Stage three: placing agents within the organisational chart as designated roles. Every agent in production must have a defined area of responsibility, an identified human point of contact, explicit intervention criteria and thresholds beyond which the decision is passed to a human. Agentforce, in Salesforce, autonomously manages low-complexity conversations — the human contact person intervenes in cases exceeding the threshold according to codified rules, not at individual discretion. The logic is that of a structured workflow, not a generic partnership between a person and an agent that leaves it up to individuals to informally renegotiate responsibilities.

Phase Four: governance and dual reporting lines. The human point of contact reports to their functional line management. The agent reports to an AI Governance function, which in many large corporations is overseen by a Chief AI Officer responsible for the agents’ lifecycle, their alignment with business objectives, performance monitoring and risk management. It is within this function that compliance issues — the AI Act in particular — and system security are overseen.

The three bottlenecks to watch out for

When this sequence is not followed, three recurring issues emerge, as documented by early adopters.

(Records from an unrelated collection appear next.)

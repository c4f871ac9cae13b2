//! The file of a picture, which has the whole picture or what it had before.

use std::alloc::{AllocError, Global};
use std::fs::{self, File, OpenOptions, Permissions};
use std::io::{self, ErrorKind, Write};

/// The most names that are tried for the new file. A run that was killed leaves one.
const MOST_NAMES: u32 = 100;

/// Why a picture wasn't written.
#[derive(Debug, Drop)]
pub(crate) struct PictureFault {
    pub(crate) error: io::Error,
    /// There is an older file, as it was.
    pub(crate) is_old_kept: bool,
}

/// A file beside the one that is to be replaced.
#[derive(Drop)]
struct NewFile {
    name: String,
    file: File,
}

/// Writes a picture to the file of this path. Where a file is there, or nothing, it is written
/// beside that, and then takes its name: if the disk is full, what was there stays. What is no
/// file, as a device or a link, is written as it is, and so is a file in a folder that takes no new
/// one.
pub(crate) fn write_picture(
    rt: &HostRuntime,
    path: &str,
    picture: &str,
) -> Result<Result<(), PictureFault>, AllocError> {
    let old = match fs::symlink_metadata(rt, path) {
        Ok(found) if found.is_file() => Some(found.permissions()),
        Err(error) if error.kind() == ErrorKind::NotFound => None,
        _ => return Ok(in_place(rt, path, picture)),
    };
    let is_old_kept = old.is_some();
    let new = match new_file(rt, path)? {
        Ok(new) => new,
        Err(error) if is_old_kept && error.kind() == ErrorKind::PermissionDenied => {
            return Ok(in_place(rt, path, picture));
        }
        Err(error) => return Ok(Err(PictureFault { error, is_old_kept })),
    };
    match put(rt, path, new, old, picture) {
        Ok(()) => Ok(Ok(())),
        Err(error) => Ok(Err(PictureFault { error, is_old_kept })),
    }
}

// Fills the new file, and gives it the name; or removes it.
fn put(
    rt: &HostRuntime,
    path: &str,
    new: NewFile,
    rights: Option<Permissions>,
    picture: &str,
) -> io::Result<()> {
    let NewFile { name, file } = new;
    let written = match fill(file, rights, picture) {
        Ok(()) => fs::rename(rt, name.as_str(), path),
        Err(error) => Err(error),
    };
    if written.is_err() {
        let _ = fs::remove_file(rt, name.as_str());
    }
    written
}

// Writes the picture, and closes the file. Where the rights of the old one can't be had, it is
// still a picture.
fn fill(file: File, rights: Option<Permissions>, picture: &str) -> io::Result<()> {
    let mut file = file;
    if let Some(rights) = rights {
        let _ = file.set_permissions(rights);
    }
    file.write_all(picture.as_bytes())
}

fn in_place(rt: &HostRuntime, path: &str, picture: &str) -> Result<(), PictureFault> {
    match fs::write(rt, path, picture) {
        Ok(()) => Ok(()),
        Err(error) => Err(PictureFault {
            error,
            is_old_kept: false,
        }),
    }
}

// A new file in the folder of this path, of a name that nothing has.
fn new_file(rt: &HostRuntime, path: &str) -> Result<io::Result<NewFile>, AllocError> {
    for number in 1..MOST_NAMES {
        let name = new_name(rt.alloc(), path, number)?;
        let made = OpenOptions::new()
            .write(true)
            .create_new(true)
            .open(rt, name.as_str());
        match made {
            Ok(file) => return Ok(Ok(NewFile { name, file })),
            Err(error) if error.kind() == ErrorKind::AlreadyExists => {}
            Err(error) => return Ok(Err(error)),
        }
    }
    Ok(Err(io::Error::from(ErrorKind::AlreadyExists)))
}

// `.picture.N` in the folder of this path.
fn new_name(alloc: Global, path: &str, number: u32) -> Result<String, AllocError> {
    match path.rsplit_once('/') {
        Some((folder, _)) => format!(in alloc; "{folder}/.picture.{number}"),
        None => format!(in alloc; ".picture.{number}"),
    }
}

The first concerns validation: an agent produces output at a rate that human review struggles to keep up with, and comprehensive checking inevitably degenerates into risk-based sampling — with the problem of establishing the sampling criteria. The second is accountability: without a designated human point of contact with genuine authority to intervene, decisions grind to a halt at the first borderline case, and the organisation loses responsiveness precisely where the agent promised to enhance it. The third is psychological and manifests itself later, in staff turnover: remaining staff perceive the agent as a replacement rather than a tool, and motivation declines — a factor not included in transformation plans but which is measured, after six or twelve months, in terms of operational resilience.

The direction of change

The organisations that will capitalise on this transition are those in which the organisational chart will once again become what managerial tradition has always called for: a coherent, value-driven map of capabilities — both human and artificial. Competitive advantage does not lie in the number of agents deployed, but in the quality of the process design that accommodates them. Redesigning workflows before automating them is essential if AI is to generate efficiency rather than exacerbate existing dysfunctions. It is a task of organisational engineering, even before it is one of technology. And like any engineering task, it requires clear criteria, sequences and responsibilities.